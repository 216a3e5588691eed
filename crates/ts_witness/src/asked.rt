//! What need not be asked of a box, since a series of it meets a requirement.

ghost use Rattle.std.specs.Prelude.{◌≡◌, ◌≤◌, ◌-◌, IsSome, IsTrue, length, set, true};
ghost use Rattle.ts_automaton.specs.AutomatonRun.{AreCellValues, answer};
ghost use Rattle.ts_base.specs.Limits.{IsCellValue, most_cells};
ghost use Rattle.ts_glue.specs.Machines.{forward_of, pair_of};
ghost use Rattle.ts_bound.specs.TermSpans.{automata_of};
ghost use Rattle.ts_model.specs.Compares.{compares};
ghost use Rattle.ts_witness.specs.Laws.{IsAlive, IsKept};
ghost use Rattle.ts_witness.specs.Witnesses.{IsWitness, series_of};

use crate::witness::Witness;
use ts_glue::Machine;
use ts_model::{Require, satisfies};

impl Witness {
    /// Whether the series meets a requirement on the term of this machine. If so, the requirement is refuted at no cell
    /// of any box with the series in the cells that the machine looks at.
    pub fn holds(&mut self, m: &Machine, r: &Require) -> bool
        requires witness { IsWitness m.now self.old }
        requires some { 1 ≤ length (series_of self.old) }
        requires few { length (series_of self.old) ≤ most_cells }
        requires cells { AreCellValues (series_of self.old) }
        ensures witness { IsWitness m.now self.new }
        ensures series { series_of self.new ≡ series_of self.old }
        ensures told { result ≡ compares r.now.op r.now.bound (answer (forward_of m.now) (series_of self.old)) }
        ensures alive { IsTrue result → IsAlive (automata_of m.now) r.now (series_of self.old) }
    {
        satisfies(r.op, r.bound, self.value(m))
    }

    /// Whether the series with `v` at place `k`, counted from 1, meets a requirement on the term of this machine, which
    /// can be split. If so, the requirement drops `v` there on no box with the series.
    pub(crate) fn keeps(&mut self, m: &Machine, r: &Require, k: u32, v: i64) -> bool
        requires split { IsSome (pair_of m.now) }
        requires witness { IsWitness m.now self.old }
        requires few { length (series_of self.old) ≤ most_cells }
        requires cells { AreCellValues (series_of self.old) }
        requires from { 1 ≤ k }
        requires to { k ≤ length (series_of self.old) }
        requires value { IsCellValue v }
        ensures witness { IsWitness m.now self.new }
        ensures series { series_of self.new ≡ series_of self.old }
        ensures told { result
            ≡ compares r.now.op r.now.bound (answer (forward_of m.now) (set (series_of self.old) (k - 1) v)) }
        ensures kept { IsTrue result → IsKept (automata_of m.now) r.now (series_of self.old) k v }
    {
        satisfies(r.op, r.bound, self.value_with(m, k, v))
    }
    /// Whether the series with `v` at place `k`, counted from 1, meets a requirement on the term of this machine, which
    /// can be split, as far as the runs are known: where that takes more than they are, the answer is no.
    pub(crate) fn is_known_to_keep(&self, m: &Machine, r: &Require, k: u32, v: i64) -> bool
        requires split { IsSome (pair_of m.now) }
        requires witness { IsWitness m.now self.now }
        requires few { length (series_of self.now) ≤ most_cells }
        requires cells { AreCellValues (series_of self.now) }
        requires from { 1 ≤ k }
        requires to { k ≤ length (series_of self.now) }
        requires value { IsCellValue v }
        ensures { IsTrue result → compares r.now.op r.now.bound
            (answer (forward_of m.now) (set (series_of self.now) (k - 1) v)) ≡ true }
    {
        match self.known_value_with(m, k, v) {
            Some(value) => satisfies(r.op, r.bound, value),
            None => false,
        }
    }
}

### WHAT TO PRODUCE
Some lines above may contain the string "ghost". State how many of them the records have, and nothing more.

### REPLY
8